# KKK K26 (Audi 200 T) - HP???



## L.R.C. (Jun 9, 2005)

How many HP is for, the K26????
and to what boost???


----------



## 84cgtturbo (Apr 3, 2003)

*Re: KKK K26 (Audi 200 T) - HP??? (L.R.C.)*


_Quote, originally posted by *L.R.C.* »_How many HP is for, the K26????
and to what boost???

I'm assuming you mean how much horsepower does an I5 with a K26 make in stock form. The answer is around 170hp at 7lbs boost. 
If your question is how much power can they make modded, the answer is how deep is your wallet? With a chip,wastegate spring, & exhaust around 220hp at 12-13lbs boost.

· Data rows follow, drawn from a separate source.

ghost use Rattle.std.specs.Option.{option_map};
ghost use Rattle.std.specs.Prelude.{IfOk, IsTrue, length, true, ℕ, ◌≡◌};
ghost use Rattle.std.specs.Result.{result_ok};
ghost use Rattle.gt_causes.specs.Causes.{HasFailed};
ghost use Rattle.gt_desk.specs.Desk.{IsSameDesk, Stays, StaysDuring};
ghost use Rattle.gt_service.specs.Service.{IsAsked, RefusesAs, Serves, is_status};
ghost use Rattle.gt_setup.specs.Setup.{has_identity};
ghost use Rattle.gt_types.specs.Command.{is_command};

use gt_desk::{Desk, DeskFault};
use gt_disk::Disk;
use gt_replies::{write_refusal, write_reply};
use gt_requests::{Incoming, RequestFault, Routes, first_cause_refuses};
use gt_types::{Command, ReplyCode};
use gt_values::{Id, Moment};
use std::alloc::{AllocError, Global};

/// Serves a request at this moment: gives the status and the bytes of its reply. It makes the routes for this one request;
/// `serve_with` says the rest.
pub fn serve_one<D: Disk>(
    alloc: Global,
    desk: &mut Desk<D>,
    incoming: &Incoming,
    now: Moment,
) -> Result<(u16, Vec<u8>), AllocError>
    ensures call { Serves D.words incoming.now now desk.old
        (option_map (λ w. (w.0, w.1.items)) (result_ok result)) desk.new }

    // A crash during the call leaves what stands for the ledger before it or after it; behind it, for the one after it.
    ensures any_moment { StaysDuring D.words desk.old desk.new }
    ensures images { Stays D.words desk.new }

    ensures same { IsSameDesk D.words desk.old desk.new }
    ensures cause { IfOk result
        (λ w. w.0 ≡ 503 → HasFailed D.words.faults desk.old.disk desk.new.disk) }
    ensures status { IfOk result (λ w. is_status w.0 ≡ true) }
{
    // For the proof: a crash leaves now what stands for the ledger.
    let _ = desk.state();
    let routes = Routes::new(alloc)?;
    serve_with(alloc, &routes, desk, incoming, now)
}

/// The same with routes that are made.
///
/// A request that reading refuses (413, 404, 405, 401, 400) doesn't reach the desk: nothing is settled, and the disk isn't
/// called. Every other one settles the event in doubt first, a read too, and makes at most one event. After `AllocError` the
/// request's event was made or not; sending a submission again finds out. `close` has no effect here.
pub fn serve_with<D: Disk>(
    alloc: Global,
    routes: &Routes,
    desk: &mut Desk<D>,
    incoming: &Incoming,
    now: Moment,
) -> Result<(u16, Vec<u8>), AllocError>
    ensures call { Serves D.words incoming.now now desk.old
        (option_map (λ w. (w.0, w.1.items)) (result_ok result)) desk.new }

    ensures any_moment { StaysDuring D.words desk.old desk.new }
    ensures images { Stays D.words desk.new }

    ensures same { IsSameDesk D.words desk.old desk.new }
    ensures cause { IfOk result
        (λ w. w.0 ≡ 503 → HasFailed D.words.faults desk.old.disk desk.new.disk) }
    ensures status { IfOk result (λ w. is_status w.0 ≡ true) }
{
    // For the proof: a crash leaves now what stands for the ledger, and refusals without the desk have few codes.
    let _ = desk.state();
    first_cause_refuses();
    let token = match &incoming.token {
        Some(token) => Some(token.as_str()),
        None => None,
    };
    let method = incoming.method.as_str();
    let target = incoming.target.as_str();
    let body = incoming.body.as_slice();
    match routes.read(alloc, desk.setup(), method, target, token, body) {
        Ok((identity, command)) => ask(alloc, desk, &identity, &command, now),
        Err(fault) => refuse(alloc, &fault),
    }
}

// Writes the refusal of a request that isn't read.
fn refuse(alloc: Global, fault: &RequestFault) -> Result<(u16, Vec<u8>), AllocError>
    ensures { RefusesAs fault.now (option_map (λ w. (w.0, w.1.items)) (result_ok result)) }
{
    match fault {
        RequestFault::Refused { code, place } => write_refusal(alloc, *code, place.as_str()),
        RequestFault::OutOfMemory => Err(AllocError),
    }
}

// Asks the desk, and writes its answer.
fn ask<D: Disk>(
    alloc: Global,
    desk: &mut Desk<D>,
    identity: &Id,
    command: &Command,
    now: Moment,
) -> Result<(u16, Vec<u8>), AllocError>
    requires known { IsTrue (has_identity desk.old.setup identity.now) }
    requires within { IsTrue (is_command (length desk.old.setup.collections) command.now) }

    ensures call { IsAsked D.words identity.now command.now now desk.old
        (option_map (λ w. (w.0, w.1.items)) (result_ok result)) desk.new }
    ensures any_moment { StaysDuring D.words desk.old desk.new }
    ensures images { Stays D.words desk.new }
    ensures same { IsSameDesk D.words desk.old desk.new }
    ensures cause { IfOk result
        (λ w. w.0 ≡ 503 → HasFailed D.words.faults desk.old.disk desk.new.disk) }
    ensures status { IfOk result (λ w. is_status w.0 ≡ true) }
{
    match desk.answer(alloc, identity, command, now) {
        Ok(reply) => write_reply(alloc, desk.setup(), &reply),
        Err(DeskFault::JournalFault) => write_refusal(alloc, ReplyCode::JournalFault, ""),
        Err(DeskFault::OutOfMemory) => Err(AllocError),
    }
}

Go nuts and throw a complete 034EFI setup at it with custom pistons, turbo, etc. they can make considerably more (around 350ish). 
If neither is what you were looking for, then phrase your question as a complete sentence and I am sure you'll be answered promptly by someone. 
J.


----------



## L.R.C. (Jun 9, 2005)

*Re: KKK K26 (84cgtturbo)*

here how things are...
I have a Golf MK1... i have fitted a 1.8 16v Motor (KR), S3 pistons, S3 conrods, Head work, G60 Gasket, Lucas 380cc Injectors, and a Digifant 1 ECU.
The turbo is the KKK K26 from the audi 200 T...
I cant find out a compressor map... anywhere... i dont know whats the efficiensy of my turbo...
The car has NO lag... and i am curious about the size of the turbo... it seems to be very small... but in the road the car is KILLING... 
i have a Garrett GT28R and they seem almost the same...

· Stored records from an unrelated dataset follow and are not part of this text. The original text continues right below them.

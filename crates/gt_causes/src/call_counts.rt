ghost use Rattle.std.specs.Prelude.{Contains, IfOk, IsErr, OnOk, ◌≡◌, ◌≤◌, ◌↔◌, ℕ};
ghost use Rattle.gt_causes.specs.Counts.{IsListed, after_answer, after_fault, counted};

use crate::{CallList, Failed};
use std::alloc::{AllocError, Global};
use std::marker::Model;

/// What a device in memory counts: its calls, those that failed, and those that found no memory. Each number stops at
/// 2^64 - 1.
#[derive(Drop)]
pub struct CallCounts {
    fails: CallList,
    calls: u64,
    faults: u64,
    starved: u64,
}

impl Model for CallCounts {
    ghost use Rattle.gt_causes.specs.Counts.{Counts};

    ghost Value = { Counts };

    ghost view = { λ c. record {
      fails = c.fails;
      calls = c.calls;
      faults = c.faults;
      starved = c.starved;
    } };
}

impl CallCounts {
    /// No call yet. Those that `fails` lists, counted from 1, are to fail.
    pub fn new(fails: Vec<u64>) -> CallCounts
        ensures fresh { result
            ≡ record { fails = result.fails; calls = 0; faults = 0; starved = 0 } }
        ensures listed { (n : ℕ) → Contains result.fails n ↔ Contains fails.items n }
    {
        CallCounts {
            fails: CallList::new(fails),
            calls: 0,
            faults: 0,
            starved: 0,
        }
    }

    /// The same counts once more, for a device that is copied.
    pub fn copy(&self, alloc: Global) -> Result<CallCounts, AllocError>
        ensures { IfOk result (λ counts. counts ≡ self.now) }
    {
        Ok(CallCounts {
            fails: self.fails.copy(alloc)?,
            calls: self.calls,
            faults: self.faults,
            starved: self.starved,
        })
    }

    /// Counts a call, which fails exactly where it is listed.
    pub fn count_call(&mut self) -> Result<(), Failed>
        ensures ok { OnOk result (self.new ≡ after_answer self.old) }
        ensures err { IsErr result → self.new ≡ after_fault self.old }
        ensures cause { IsErr result ↔ IsListed self.old }
        ensures same { self.old.faults ≤ self.new.faults }
    {
        self.calls = self.calls.saturating_add(1);
        if self.fails.has(self.calls) {
            return Err(self.refuse());
        }
        Ok(())
    }

    /// Counts a fault.
    pub fn refuse(&mut self) -> Failed
        ensures value { self.new ≡ record self.old { faults = counted self.old.faults } }
        ensures same { self.old.faults ≤ self.new.faults }
    {
        self.faults = self.faults.saturating_add(1);
        Failed
    }

    /// Counts a fault for want of memory.
    pub fn starve(&mut self) -> Failed
        ensures value { self.new
            ≡ record self.old {
              faults = counted self.old.faults;
              starved = counted self.old.starved;
            } }
        ensures same { self.old.faults ≤ self.new.faults }
    {
        self.starved = self.starved.saturating_add(1);
        self.refuse()
    }

    /// How many calls were made, those that failed too.
    pub fn calls(&self) -> u64
        ensures { result ≡ self.now.calls }
    {
        self.calls
    }

    /// How many calls failed.
    pub fn faults(&self) -> u64
        ensures { result ≡ self.now.faults }
    {
        self.faults
    }

    /// How many calls found no memory.
    pub fn starved(&self) -> u64
        ensures { result ≡ self.now.starved }
    {
        self.starved
    }
}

_Modified by L.R.C. at 1:13 AM 7-19-2005_


----------



## 84cgtturbo (Apr 3, 2003)

*Re: KKK K26 (L.R.C.)*

Sorry man, I do not have the maps you need. You may want to check with Javad at http://www.034EFI.com , he is the I5 turbo expert. 
J.


----------



## birdmanmt (Apr 5, 2004)

*Re: KKK K26 (84cgtturbo)*

ok a stock audi k26 can get you to around 300 crank. it runs out of breath at about 18psi. If the little things are optimized this shouldn't be too much trouble. exhaust, IC, etc....
It doesn't take that much money honestly. you can do a megasquirt setup for a total of about $700 and run as much boost as your quality of gas can support. you do a better turbo and your definetly over the 300 mark. stock head and lower end of the i-5 turbo engines can handle a rediculous amount of power, 400+ crank no sweat. 
what is the CR of your engine that your using this turbo on? you can find the map for a k26 at http://www.sjmautotechnik.com . if it has very little lag i'd be inclined to say it's a k24. k26's are known for being a laggy turbo. some 200's in 89 had k26's but for the most part they had k24's. the gt28rs should blow either of these turbo's out of the water. 
whether it's a k24 or k26 it will be running out of breath over 17-18psi. you can run them up to 22 before the heatsoak is so bad you lose power. up to that point you still gain torque, but very little HP. 300 is getting near the ragged edge of what either can support. hope you have a big efficient IC.
hth
Jeff


----------



## L.R.C. (Jun 9, 2005)

*Re: KKK K26 (birdmanmt)*

The part no. of the turbo is for K26...
The car had 7,5compression... now i am going to use 8.2....
The turbo is spulling from 2000rpm...(full boost ~3000) not laggy at all for me ( i also have a Fiat Punto GT with stock turbo and the Golf is spinning its turbo much better...)
For IC i use a Volvo (or Scania??? i am not sure.. ) Truck IC...
i was running 24psi...


----------